BORIS Johnson has overruled local leaders to put Greater Manchester into tier three of Covid restrictions.

Mayor Andy Burnham said the region of 2.8 million people was now facing “a winter of real hardship”.

He said Greater Manchester’s 10 council leaders had asked for £65m from UK Government, but the Tories were only willing to part with £22m.

Robert Jenrick, the communities secretary, walked away from the talks at 2pm after refusing to increase the offer. 

Burnham said the discussion had turned into a “game of poker with people’s lives”.

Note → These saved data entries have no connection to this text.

//! Printing rows.

ghost use Rattle.std.specs.Prelude.{◌≡◌, ◌++◌, ◌∷◌, [], ◌<◌, All, OnOk, codes, length, map, true};
ghost use Rattle.std.specs.Prelude.{if◌then◌else◌};
ghost use Rattle.std.specs.Fmt.{decimal};
ghost use Rattle.mc_text.specs.Heads.{spelling};
ghost use Rattle.mc_write.specs.Text.{line_text, words_behind};
ghost use Rattle.mc_write.specs.Named.{name_at};
ghost use Rattle.mc_rows.specs.Kept.{has_name};
ghost use Rattle.mc_rows.specs.Written.{set_words, words_of_row, due_words, has_set, row_with};
ghost use Rattle.mc_rows.specs.Written.{IsNamed};

use crate::row::Shape;
use mc_model::Memory;
use mc_names::Names;
use mc_signal::QSet;
use mc_text::Head;
use mc_write::{add_name, add_number, add_word, end_line, start_line};

/// What is written of a row. Where a shape lacks a number, a name or a set, it is 0 or empty.
#[derive(Clone, Copy)]
pub struct Parts<'s> {
    pub head: Head,
    pub number: u16,
    pub name: u16,
    pub set: &'s QSet,
    pub constant: bool,
}

/// Writes the members of a set as further words of a line, and behind them `!` for the constant.
pub fn add_set(text: &mut Vec<u8>, names: &Names, set: &QSet, constant: bool) -> Result<(), Memory>
    requires { All (λ q. q < length names.now) set.now }
    ensures { OnOk result (text.new.items ≡
        text.old.items ++ words_behind (set_words names.now set.now constant)) }
{
    add_members(text, names, set)?;
    if constant {
        add_word(text, b"!")?;
    }
    Ok(())
}

/// Writes the members of a set as further words of a line.
fn add_members(text: &mut Vec<u8>, names: &Names, set: &QSet) -> Result<(), Memory>
    requires { All (λ q. q < length names.now) set.now }
    ensures { OnOk result (text.new.items ≡
        text.old.items ++ words_behind (map (name_at names.now) set.now)) }
{
    'members: for i in 0..set.len() {
        add_name(text, names, set.get(i))?;
    }
    Ok(())
}

/// Writes the words between the record word and the set.
fn add_due(
    text: &mut Vec<u8>,
    names: &Names,
    shape: Shape,
    number: u16,
    name: u16,
) -> Result<(), Memory>
    requires { has_name shape ≡ true → name < length names.now }
    ensures { OnOk result (text.new.items ≡
        text.old.items ++ words_behind (due_words shape names.now number name)) }
{
    match shape {
        Shape::Bare => Ok(()),
        Shape::Set => Ok(()),
        Shape::Numbered => add_number(text, number as u32),
        Shape::Ranked => add_ranked(text, names, number, name),
        Shape::Listed => add_name(text, names, name),
        Shape::NamedSet => add_named(text, names, name),
        Shape::RankedSet => {
            add_number(text, number as u32)?;
            add_named(text, names, name)
        }
    }
}

/// Writes a number and a name.
fn add_ranked(text: &mut Vec<u8>, names: &Names, number: u16, name: u16) -> Result<(), Memory>
    requires { name < length names.now }
    ensures { OnOk result (text.new.items ≡
        text.old.items ++ words_behind (decimal number ∷ name_at names.now name ∷ [])) }
{
    add_number(text, number as u32)?;
    add_name(text, names, name)
}

/// Writes a name and the word `:`.
fn add_named(text: &mut Vec<u8>, names: &Names, name: u16) -> Result<(), Memory>
    requires { name < length names.now }
    ensures { OnOk result (text.new.items ≡
        text.old.items ++ words_behind (name_at names.now name ∷ codes ":" ∷ [])) }
{
    add_name(text, names, name)?;
    add_word(text, b":")
}

/// Writes the set of a shape that has one.
fn add_set_of(
    text: &mut Vec<u8>,
    names: &Names,
    shape: Shape,
    set: &QSet,
    constant: bool,
) -> Result<(), Memory>
    requires { All (λ q. q < length names.now) set.now }
    ensures { OnOk result (text.new.items ≡ text.old.items
        ++ words_behind (if has_set shape then set_words names.now set.now constant else [])) }
{
    match shape {
        Shape::Bare => Ok(()),
        Shape::Numbered => Ok(()),
        Shape::Ranked => Ok(()),
        Shape::Listed => add_set(text, names, set, constant),
        Shape::Set => add_set(text, names, set, constant),
        Shape::NamedSet => add_set(text, names, set, constant),
        Shape::RankedSet => add_set(text, names, set, constant),
    }
}

/// Writes the line of a row.
pub fn print_row(
    text: &mut Vec<u8>,
    names: &Names,
    shape: Shape,
    row: Parts<'_>,
) -> Result<(), Memory>
    requires { IsNamed (length names.now) shape (row_with row) }
    ensures { OnOk result (text.new.items ≡ text.old.items
        ++ line_text (spelling row.entry.head ∷ words_of_row shape names.now (row_with row.entry))) }
{
    start_line(text, row.head.word())?;
    add_due(text, names, shape, row.number, row.name)?;
    add_set_of(text, names, shape, row.set, row.constant)?;
    end_line(text)
}

/// Writes the line `end`.
pub fn print_end(text: &mut Vec<u8>) -> Result<(), Memory>
    ensures { OnOk result (text.new.items ≡ text.old.items ++ line_text (codes "end" ∷ [])) }
{
    start_line(text, b"end")?;
    end_line(text)
}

The mayor said he was still willing to do a deal with the government but he added: “It cannot be on the terms that the government offered today because on those things I could not meet the commitments I made to people on the lowest incomes, to people who are self employed, to the freelancers in this city, who need our support, I could not do it on those terms.

“How can we carry the public with us through this pandemic if we are forcing them to lose their income, their place of work, without supporting them through that? How is that going to help people?"

Johnson said "not to act now" would put the lives of Manchester's residents "at risk".

Speaking at the Downing Street press conference, the Prime Minister said, in addition to the £22m, a "generous and extensive offer to support Manchester's businesses" had been put on the table.

"This offer was proportionate to the support we have given Merseyside and Lancashire [the other areas in tier three], but the mayor didn't accept this unfortunately," the PM said.

Furious local Tory MPs accused the Government of punishing the area for not being cooperative.